Oh! He had to know perfectly well what Tina did for a living. She couldn’t think how to respond to his tongue-in-cheek observation, even if she could find the right words.
At her silence, he looked over at her and his teasing grin slid away. “Sorry. I shouldn’t have joked about it. Given the circumstances, it was in bad taste, and I apologize.”
Finally she managed to smile. Tina would have laughed out loud at his comment. And under other conditions, Elizabeth would have joined in. “No. It’s…it was a joke to her. That’s all it was. She thought it was hilarious that she could make so much money for a few hours’ work.” She paused. “She didn’t like being a stripper, but it was helping her improve her life. She was taking computer classes, going to Narcotics Anonymous meetings. Looking for a better apartment.”
He watched her out of those probing green eyes for a moment, then finally spoke. “She had heroin in her system the night she died. Did you know that?”
Elizabeth nodded. “The other detectives told us. She must have had a…” She had to scramble for the right word. Difficulty? Backtrack? No. Those words fit but they weren’t what she was looking for. She hit on it after what she hoped wasn’t too noticeable a pause. “Relapse. She must have had a relapse. Before that, she had been clean for almost six months.”
“Do you know why she would have purchased a gun the day before she died?”

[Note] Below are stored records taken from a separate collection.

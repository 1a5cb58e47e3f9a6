//! Eight threads post to a log while one takes from it, round after round. Each entry names its thread and its number.
ghost use Rattle.std.specs.Prelude.{◌≡◌, ◌+◌, ◌<◌, ◌≤◌, IfOk, false, length, true};
ghost use denote.Param.Send.{IsSync};
ghost use Rattle.log_ring.specs.Seats.{view_of};
ghost use Rattle.log_tests.specs.Joined.{Settles};

use crate::entries::{change, live_queue};
use data_queue::{Change, DataQueue, Full};
use log_ring::{LogRing, LogSeat};
use std::alloc::Global;
use std::process::Abort;
use std::test::Fail;
use std::thread;
use std::thread::{Threads, join};

const POSTS: u32 = 100;

const TAKES: u32 = 1000;

/// What one round came to.
#[derive(Clone, Copy)]
struct Tally {
    sent: u32,
    refused: u32,
    /// How many entries of each thread were taken.
    taken: [u32; 8],
    /// Each thread's entries came in its order, and each once.
    in_order: bool,
}

impl Tally {
    const NONE: Tally = Tally {
        sent: 0,
        refused: 0,
        taken: [0; 8],
        in_order: true,
    };

    fn see(&mut self, c: Change) {
        let poster = c.span.first / 1000;
        let number = c.span.first % 1000;
        if poster >= 8 || self.taken[poster as usize] != number {
            self.in_order = false;
            return;
        }
        self.taken[poster as usize] = number + 1;
    }

    fn count(&self) -> u32 {
        self.taken.iter().fold(0, |a: u32, n| a.saturating_add(*n))
    }
}

/// What a thread posted, and how often it was refused.
#[derive(Drop)]
struct Sent {
    seat: LogSeat,
    sent: u32,
    refused: u32,
}

fn post_all(ring: &LogRing, seat: LogSeat, poster: u32) -> Sent
    requires ring { seat.badge.table_id ≡ ring.now.table.shared.table_id }
    requires budget { 100 ≤ (view_of seat.badge).budget }
    requires poster { poster < 8 }
    ensures same { (result.seat.badge.table_id ≡ seat.badge.table_id) × ((view_of result.seat.badge).number ≡ (view_of seat.badge).number) }
{
    let mut all = Sent {
        seat,
        sent: 0,
        refused: 0,
    };
    for i in 0..POSTS {
        match all.seat.post(ring, change(poster * 1000 + i)) {
            Ok(()) => all.sent += 1,
            Err(Full) => all.refused += 1,
        }
    }
    all
}

/// What the first seat has, and what it took.
#[derive(Drop)]
struct Took {
    seat: LogSeat,
    tally: Tally,
}

fn take_some(ring: &LogRing, seat: LogSeat) -> Took
    requires ring { seat.badge.table_id ≡ ring.now.table.shared.table_id }
    requires first { (seat.badge.id ≡ 0) × ((view_of seat.badge).cells ≡ length ring.now.queue.cells) }
    ensures same { (result.seat.badge.table_id ≡ seat.badge.table_id) × (result.seat.badge.id ≡ 0) }
    ensures settles { Settles 0 (view_of seat.badge) (view_of result.seat.badge) }
{
    let mut all = Took {
        seat,
        tally: Tally::NONE,
    };
    for _ in 0..TAKES {
        match all.seat.take(ring) {
            Some(c) => all.tally.see(c),
            None => thread::yield_now(),
        }
    }
    all
}

/// So many threads post, while the last one takes.
fn run<R: Threads + Sync>(rt: &R, ring: &LogRing, mut seat: LogSeat, posters: u32) -> Took
    requires ring { seat.badge.table_id ≡ ring.now.table.shared.table_id }
    requires first { (seat.badge.id ≡ 0) × ((view_of seat.badge).cells ≡ length ring.now.queue.cells) }
    requires posters { (posters ≤ 8) × (posters ≤ (view_of seat.badge).seats) }
    ensures same { (result.seat.badge.table_id ≡ seat.badge.table_id) × (result.seat.badge.id ≡ 0) }
    ensures settles { Settles posters (view_of seat.badge) (view_of result.seat.badge) }
{
    if posters == 0 {
        return take_some(ring, seat);
    }
    let poster = posters - 1;
    let own = seat.split(ring);
    let (sent, mut took) = join(
        rt,
        move || -> Sent
            requires { (own.badge.table_id ≡ ring.now.table.shared.table_id) × (100 ≤ (view_of own.badge).budget) × (poster < 8) }
            ensures { (result.seat.badge.table_id ≡ own.badge.table_id) × ((view_of result.seat.badge).number ≡ (view_of own.badge).number) }
        { post_all(ring, own, poster) },
        move || -> Took
            requires { IsSync R.row × (seat.badge.table_id ≡ ring.now.table.shared.table_id) × (seat.badge.id ≡ 0) × ((view_of seat.badge).cells ≡ length ring.now.queue.cells) × (poster ≤ 8) × (poster ≤ (view_of seat.badge).seats) }
            ensures { (result.seat.badge.table_id ≡ seat.badge.table_id) × (result.seat.badge.id ≡ 0) × Settles poster (view_of seat.badge) (view_of result.seat.badge) }
        { run(rt, ring, seat, poster) },
    );
    took.seat.join(ring, sent.seat);
    took.tally.sent = took.tally.sent.saturating_add(sent.sent);
    took.tally.refused = took.tally.refused.saturating_add(sent.refused);
    took
}

/// Opens the queue, lets eight threads post to it, closes it and takes what is left.
fn round<R: Threads + Sync>(
    rt: &R,
    alloc: Global,
    queue: DataQueue,
) -> Result<(DataQueue, Tally), Fail>
    requires { (queue.live ≡ true) × (queue.marked ≡ false) }
    ensures { IfOk result (λ r. r.0.live ≡ true) }
{
    let (ring, seat) = LogRing::open(alloc, queue).ok().ok_or("ring")?;
    let Took { seat, mut tally } = run(rt, &ring, seat, 8);
    let mut queue = ring.close(seat);
    for _ in 0..POSTS * 8 {
        if let Some(c) = queue.take() {
            tally.see(c);
        }
    }
    Ok((queue, tally))
}

#[test]
fn each_entry_is_taken_once(rt: HostRuntime) -> Result<(), Fail> {
    let mut queue = live_queue(rt.alloc(), 1000)?;
    for _ in 0..40 {
        let (next, tally) = round(&rt, rt.alloc(), queue)?;
        assert!(rt; tally.in_order && tally.refused == 0);
        assert!(rt; tally.taken == [POSTS; 8]);
        if next.marked() {
            return Err(Fail::from("marked"));
        }
        queue = next;
    }
    Ok(())
}

#[test]
fn a_full_log_loses_entries_and_tells_it(rt: HostRuntime) -> Result<(), Fail> {
    for _ in 0..40 {
        let queue = live_queue(rt.alloc(), 16)?;
        let (left, tally) = round(&rt, rt.alloc(), queue)?;
        assert!(rt; tally.in_order && tally.sent.saturating_add(tally.refused) == POSTS * 8);
        assert!(rt; tally.count() <= tally.sent);
        assert!(rt; left.marked() == (tally.refused > 0));
        assert!(rt; left.marked() || tally.count() == tally.sent);
    }
    Ok(())
}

“I don’t. I’m sorry. She didn’t say anything to us. Maybe sh
e was being threatened about something. Debts, maybe. I know she had quite a few. I tried to help her with…with money. A hundred times I tried to help her but she would only get angry.”
“That must have been difficult.”
“Yes,” she answered, hoping the simple word would conceal the world of pain behind it. When they were children, the disparity between their financial situations hadn’t existed. Only as they grew older had Tina begun to resent that Elizabeth would never want for anything.
Nothing financial, anyway, she thought with old, familiar bitterness. Her father had paid her bills—her tuition, her car, her apartment. Or rather, the trust fund he and her mother had set up for her before her birth paid her expenses. But Jonathan Quinn had given her little else.
To her relief, the detective didn’t seem inclined to pursue that line of questioning. He opened the last box. Halfway through, he found the soft burgundy Coach handbag she had given Tina for Christmas the year before. Another harsh sliver of grief jabbed into her. Tina had adored that purse and had used it constantly.
“Pay dirt.” Beau pulled it from the box. “Just what I hoped to find.”
“Why?” She managed to squeeze the word out around the lump in her throat.
“I don’t mean to sound sexist here but most of you women carry your lives around in their purses. All the little bits and pieces that give a clear picture of who you are, what you do with your days. Makeup, credit cards, appointment books. Everything. I’m willing to bet that somewhere in here hides the key to unlocking the mystery of what really happened that night. We just have to find it.”
CHAPTER 4
Elizabeth couldn’t contain a small gasp as the detective dumped the contents of Tina’s purse out on the bedspread in the guest room. It seemed a terrible invasion of privacy, letting him paw through the contents. Like reading someone’s diary or opening another person’s mail. A woman’s purse was sacred!
I’m sorry, she whispered again to Tina. Even as she thought the words, she knew Tina wouldn’t have objected. Not if it meant finding out the truth about her death.